• **EXERCISE BRIEF**:
Word for word, reproduce every line of the data.

[Saved entries]
════════

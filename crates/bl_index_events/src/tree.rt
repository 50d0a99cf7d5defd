//! The pages of a tree that threads share.

ghost use Rattle.std.specs.Prelude.{◌≡◌};

use bl_index_rule::{PassState, Passes};
use bl_store::Store;

/// Pages of a tree that threads share, whose events all go by one rule. How many pages and passes there are stands beside them.
#[derive(Drop)]
pub struct Tree {
    pub store: Store<PassState, Passes>,
    pub pages: u32,
    pub passes: u32,
    pub ghost sized: { pages ≡ store.layout.pages },
    pub ghost shared: { passes ≡ store.layout.passes },
}
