//! What was swapped out is released.

ghost use Rattle.std.specs.Prelude.{◌≡◌, ℕ, ◌+◌, ◌≤◌, false};
ghost use Rattle.bl_store.specs.Hands.{known};
ghost use Rattle.bl_store.specs.Owners.{IsHandOf};
ghost use Rattle.bl_store.specs.Sweeps.{HasSweptOnce};
ghost use Rattle.bl_index_rule.specs.Observed.{sweeps};
ghost use Rattle.bl_index_events.specs.Runs.{KeepsHand, IsWithin};

use crate::tree::Tree;
use bl_index_rule::{PassState, Sweeper, Swept};
use bl_store::Hand;
use std::marker::Brand;

impl Tree {
    // The releases of a sweep, by the process that the bound names beside its pass.
    fn release<J: Sweeper>(&self, hand: &mut Hand<PassState>) -> u32
        requires own { IsHandOf self.now.store hand.old }
        requires rests { (known hand.old.seat).runs ≡ false }
        requires names { (hand.old.number ≡ J.pass) × ((known hand.old.seat).number + 1 ≡ J.number) × (self.now.store.layout.passes ≡ J.passes) }
        requires within { IsWithin hand.old.seat }
        ensures same { KeepsHand hand.old.seat hand.new.seat }
        ensures observed { (pages : ℕ) × (pages ≤ result) × sweeps J.pass J.number J.passes (known hand.old.seat) pages (known hand.new.seat) }
        ensures within { IsWithin hand.new.seat }
        ensures count { hand.new.seat.me.0.releases ≡ hand.old.seat.me.0.releases + result }
        ensures swept { HasSweptOnce hand.old hand.new }
    {
        self.store.sweep::<Swept<J>>(hand)
    }

    /// A hand that runs no process releases pages and frames that no process can read any more. Returns how many.
    pub fn sweep(&self, hand: &mut Hand<PassState>) -> u32
        requires own { IsHandOf self.now.store hand.old }
        requires rests { (known hand.old.seat).runs ≡ false }
        requires within { IsWithin hand.old.seat }
        ensures same { KeepsHand hand.old.seat hand.new.seat }
        ensures observed { (pages : ℕ) × (pages ≤ result) × sweeps hand.old.number ((known hand.old.seat).number + 1) self.now.store.layout.passes
            (known hand.old.seat) pages (known hand.new.seat) }
        ensures within { IsWithin hand.new.seat }
        ensures count { hand.new.seat.me.0.releases ≡ hand.old.seat.me.0.releases + result }
        ensures swept { HasSweptOnce hand.old hand.new }
    {
        self.release::<Brand>(hand)
    }
}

════════

• **RESULT OF THE TASK**:
filename crates/bl_index_events/src/tree.rt
repository 50d0a99cf7d5defd
//! The pages of a tree that threads share.

ghost use Rattle.std.specs.Prelude.{◌≡◌};

use bl_index_rule::{PassState, Passes};
use bl_store::Store;

/// Pages of a tree that threads share, whose events all go by one rule. How many pages and passes there are stands beside them.
#[derive(Drop)]
pub struct Tree {
    pub store: Store<PassState, Passes>,
    pub pages: u32,
    pub passes: u32,
    pub ghost sized: { pages ≡ store.layout.pages },
    pub ghost shared: { passes ≡ store.layout.passes },
}
//! What was swapped out is released.

ghost use Rattle.std.specs.Prelude.{◌≡◌, ℕ, ◌+◌, ◌≤◌, false};
ghost use Rattle.bl_store.specs.Hands.{known};
ghost use Rattle.bl_store.specs.Owners.{IsHandOf};
ghost use Rattle.bl_store.specs.Sweeps.{HasSweptOnce};
ghost use Rattle.bl_index_rule.specs.Observed.{sweeps};
ghost use Rattle.bl_index_events.specs.Runs.{KeepsHand, IsWithin};

use crate::tree::Tree;
use bl_index_rule::{PassState, Sweeper, Swept};
use bl_store::Hand;
use std::marker::Brand;

impl Tree {
    // The releases of a sweep, by the process that the bound names beside its pass.
    fn release<J: Sweeper>(&self, hand: &mut Hand<PassState>) -> u32
        requires own { IsHandOf self.now.store hand.old }
        requires rests { (known hand.old.seat).runs ≡ false }
        requires names { (hand.old.number ≡ J.pass) × ((known hand.old.seat).number + 1 ≡ J.number) × (self.now.store.layout.passes ≡ J.passes) }
        requires within { IsWithin hand.old.seat }
        ensures same { KeepsHand hand.old.seat hand.new.seat }
        ensures observed { (pages : ℕ) × (pages ≤ result) × sweeps J.pass J.number J.passes (known hand.old.seat) pages (known hand.new.seat) }
        ensures within { IsWithin hand.new.seat }
        ensures count { hand.new.seat.me.0.releases ≡ hand.old.seat.me.0.releases + result }
        ensures swept { HasSweptOnce hand.old hand.new }
    {
        self.store.sweep::<Swept<J>>(hand)
    }

    /// A hand that runs no process releases pages and frames that no process can read any more. Returns how many.
    pub fn sweep(&self, hand: &mut Hand<PassState>) -> u32
        requires own { IsHandOf self.now.store hand.old }
        requires rests { (known hand.old.seat).runs ≡ false }
        requires within { IsWithin hand.old.seat }
        ensures same { KeepsHand hand.old.seat hand.new.seat }
        ensures observed { (pages : ℕ) × (pages ≤ result) × sweeps hand.old.number ((known hand.old.seat).number + 1) self.now.store.layout.passes
            (known hand.old.seat) pages (known hand.new.seat) }
        ensures within { IsWithin hand.new.seat }
        ensures count { hand.new.seat.me.0.releases ≡ hand.old.seat.me.0.releases + result }
        ensures swept { HasSweptOnce hand.old hand.new }
    {
        self.release::<Brand>(hand)
    }
}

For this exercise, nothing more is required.